* [Exercise objective]: In the material below, some lines carry "into". Copy each such line.

* [Material shown]:
________
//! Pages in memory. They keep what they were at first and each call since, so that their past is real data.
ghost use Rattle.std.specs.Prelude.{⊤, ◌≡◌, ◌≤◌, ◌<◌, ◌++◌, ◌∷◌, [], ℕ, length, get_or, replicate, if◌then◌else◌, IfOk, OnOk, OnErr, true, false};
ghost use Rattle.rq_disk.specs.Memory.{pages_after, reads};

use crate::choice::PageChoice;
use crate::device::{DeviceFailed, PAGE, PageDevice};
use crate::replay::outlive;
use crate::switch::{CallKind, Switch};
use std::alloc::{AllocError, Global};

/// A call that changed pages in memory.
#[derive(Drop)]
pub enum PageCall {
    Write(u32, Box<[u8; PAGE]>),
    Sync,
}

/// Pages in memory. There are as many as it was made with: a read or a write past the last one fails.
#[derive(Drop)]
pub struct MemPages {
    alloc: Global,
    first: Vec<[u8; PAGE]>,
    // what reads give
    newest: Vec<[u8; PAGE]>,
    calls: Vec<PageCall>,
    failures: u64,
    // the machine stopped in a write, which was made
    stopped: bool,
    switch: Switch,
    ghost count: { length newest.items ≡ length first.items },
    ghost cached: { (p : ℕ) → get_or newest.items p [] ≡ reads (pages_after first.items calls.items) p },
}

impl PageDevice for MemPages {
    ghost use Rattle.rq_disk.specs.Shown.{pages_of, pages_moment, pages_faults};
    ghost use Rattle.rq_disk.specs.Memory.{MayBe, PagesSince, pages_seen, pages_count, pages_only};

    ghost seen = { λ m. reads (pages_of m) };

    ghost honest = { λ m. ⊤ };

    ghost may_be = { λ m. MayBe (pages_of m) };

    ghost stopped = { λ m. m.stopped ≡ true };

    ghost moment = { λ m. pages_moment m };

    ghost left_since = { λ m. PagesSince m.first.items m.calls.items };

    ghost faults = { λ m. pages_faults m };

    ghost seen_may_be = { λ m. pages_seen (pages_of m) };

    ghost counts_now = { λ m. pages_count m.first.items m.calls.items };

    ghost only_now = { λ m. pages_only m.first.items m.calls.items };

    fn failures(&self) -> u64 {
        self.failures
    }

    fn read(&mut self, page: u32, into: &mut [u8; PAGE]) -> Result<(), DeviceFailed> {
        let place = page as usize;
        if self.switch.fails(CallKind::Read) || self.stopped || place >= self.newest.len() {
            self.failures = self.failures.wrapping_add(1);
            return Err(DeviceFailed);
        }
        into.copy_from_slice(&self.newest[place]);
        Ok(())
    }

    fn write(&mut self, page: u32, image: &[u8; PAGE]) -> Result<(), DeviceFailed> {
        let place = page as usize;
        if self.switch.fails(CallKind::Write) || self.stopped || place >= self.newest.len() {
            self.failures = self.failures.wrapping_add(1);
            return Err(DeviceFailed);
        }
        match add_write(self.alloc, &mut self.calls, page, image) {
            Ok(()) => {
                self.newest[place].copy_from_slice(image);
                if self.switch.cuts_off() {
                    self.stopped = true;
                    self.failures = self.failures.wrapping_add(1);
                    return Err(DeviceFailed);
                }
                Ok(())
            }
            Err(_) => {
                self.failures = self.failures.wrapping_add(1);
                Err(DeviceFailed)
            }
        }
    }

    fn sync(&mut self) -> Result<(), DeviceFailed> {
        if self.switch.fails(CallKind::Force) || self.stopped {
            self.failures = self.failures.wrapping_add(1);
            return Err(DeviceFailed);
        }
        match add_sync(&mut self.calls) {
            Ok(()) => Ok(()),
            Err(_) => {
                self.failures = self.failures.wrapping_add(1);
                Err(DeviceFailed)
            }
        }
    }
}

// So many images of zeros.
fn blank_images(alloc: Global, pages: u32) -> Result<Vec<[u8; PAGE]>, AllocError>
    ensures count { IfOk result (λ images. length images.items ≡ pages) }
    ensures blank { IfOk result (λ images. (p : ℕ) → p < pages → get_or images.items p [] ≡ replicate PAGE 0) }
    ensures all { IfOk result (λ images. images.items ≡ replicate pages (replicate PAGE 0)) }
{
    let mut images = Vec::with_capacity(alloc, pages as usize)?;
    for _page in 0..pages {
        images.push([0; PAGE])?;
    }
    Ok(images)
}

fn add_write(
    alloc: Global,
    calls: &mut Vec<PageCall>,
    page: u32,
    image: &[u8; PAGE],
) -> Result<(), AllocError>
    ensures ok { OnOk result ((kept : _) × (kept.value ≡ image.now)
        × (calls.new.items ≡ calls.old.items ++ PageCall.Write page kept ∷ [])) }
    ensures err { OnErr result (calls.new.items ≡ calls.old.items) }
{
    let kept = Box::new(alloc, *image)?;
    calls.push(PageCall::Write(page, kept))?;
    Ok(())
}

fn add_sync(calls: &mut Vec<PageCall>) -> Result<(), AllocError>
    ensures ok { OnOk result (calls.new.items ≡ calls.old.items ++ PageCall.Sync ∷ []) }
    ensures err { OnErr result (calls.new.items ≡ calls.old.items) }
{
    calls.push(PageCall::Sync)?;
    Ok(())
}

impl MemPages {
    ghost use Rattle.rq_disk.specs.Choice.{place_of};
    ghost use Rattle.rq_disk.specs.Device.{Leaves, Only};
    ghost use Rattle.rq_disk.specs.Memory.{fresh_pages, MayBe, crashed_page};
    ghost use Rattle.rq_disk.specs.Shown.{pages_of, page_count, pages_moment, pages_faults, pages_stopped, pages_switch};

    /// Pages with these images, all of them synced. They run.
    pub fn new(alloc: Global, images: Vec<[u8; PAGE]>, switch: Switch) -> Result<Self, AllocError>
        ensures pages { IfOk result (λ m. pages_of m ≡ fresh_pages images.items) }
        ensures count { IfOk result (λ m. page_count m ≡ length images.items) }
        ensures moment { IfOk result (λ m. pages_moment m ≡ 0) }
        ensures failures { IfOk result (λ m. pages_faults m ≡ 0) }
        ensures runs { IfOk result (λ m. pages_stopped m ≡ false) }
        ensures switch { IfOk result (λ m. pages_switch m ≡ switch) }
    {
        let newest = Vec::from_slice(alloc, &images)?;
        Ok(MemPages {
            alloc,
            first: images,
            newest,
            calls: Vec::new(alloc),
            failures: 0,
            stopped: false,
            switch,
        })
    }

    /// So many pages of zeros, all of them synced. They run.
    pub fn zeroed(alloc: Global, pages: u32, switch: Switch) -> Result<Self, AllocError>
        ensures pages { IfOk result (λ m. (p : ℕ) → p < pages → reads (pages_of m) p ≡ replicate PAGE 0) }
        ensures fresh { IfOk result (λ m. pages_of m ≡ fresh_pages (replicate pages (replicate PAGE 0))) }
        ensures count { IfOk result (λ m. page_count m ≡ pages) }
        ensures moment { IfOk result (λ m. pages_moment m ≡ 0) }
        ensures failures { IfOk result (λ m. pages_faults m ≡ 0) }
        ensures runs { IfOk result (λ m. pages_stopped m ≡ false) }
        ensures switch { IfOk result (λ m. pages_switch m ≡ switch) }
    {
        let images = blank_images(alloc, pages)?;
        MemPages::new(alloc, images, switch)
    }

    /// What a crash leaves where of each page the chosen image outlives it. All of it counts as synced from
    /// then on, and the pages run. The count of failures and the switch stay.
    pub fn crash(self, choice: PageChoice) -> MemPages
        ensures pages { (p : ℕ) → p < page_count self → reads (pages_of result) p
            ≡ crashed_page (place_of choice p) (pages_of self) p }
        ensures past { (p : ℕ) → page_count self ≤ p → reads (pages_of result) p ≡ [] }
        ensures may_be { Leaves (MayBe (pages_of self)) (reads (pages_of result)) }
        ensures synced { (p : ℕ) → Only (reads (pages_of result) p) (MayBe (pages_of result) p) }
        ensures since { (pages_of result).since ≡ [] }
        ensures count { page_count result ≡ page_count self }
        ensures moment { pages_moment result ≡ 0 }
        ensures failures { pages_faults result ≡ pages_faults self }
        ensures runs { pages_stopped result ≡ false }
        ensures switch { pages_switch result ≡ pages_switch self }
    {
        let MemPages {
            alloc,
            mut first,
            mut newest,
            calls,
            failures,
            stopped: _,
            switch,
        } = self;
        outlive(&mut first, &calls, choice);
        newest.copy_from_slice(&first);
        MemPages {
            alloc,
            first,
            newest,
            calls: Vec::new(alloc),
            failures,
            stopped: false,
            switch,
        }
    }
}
________
* [Answer below]:
    fn read(&mut self, page: u32, into: &mut [u8; PAGE]) -> Result<(), DeviceFailed> {
        into.copy_from_slice(&self.newest[place]);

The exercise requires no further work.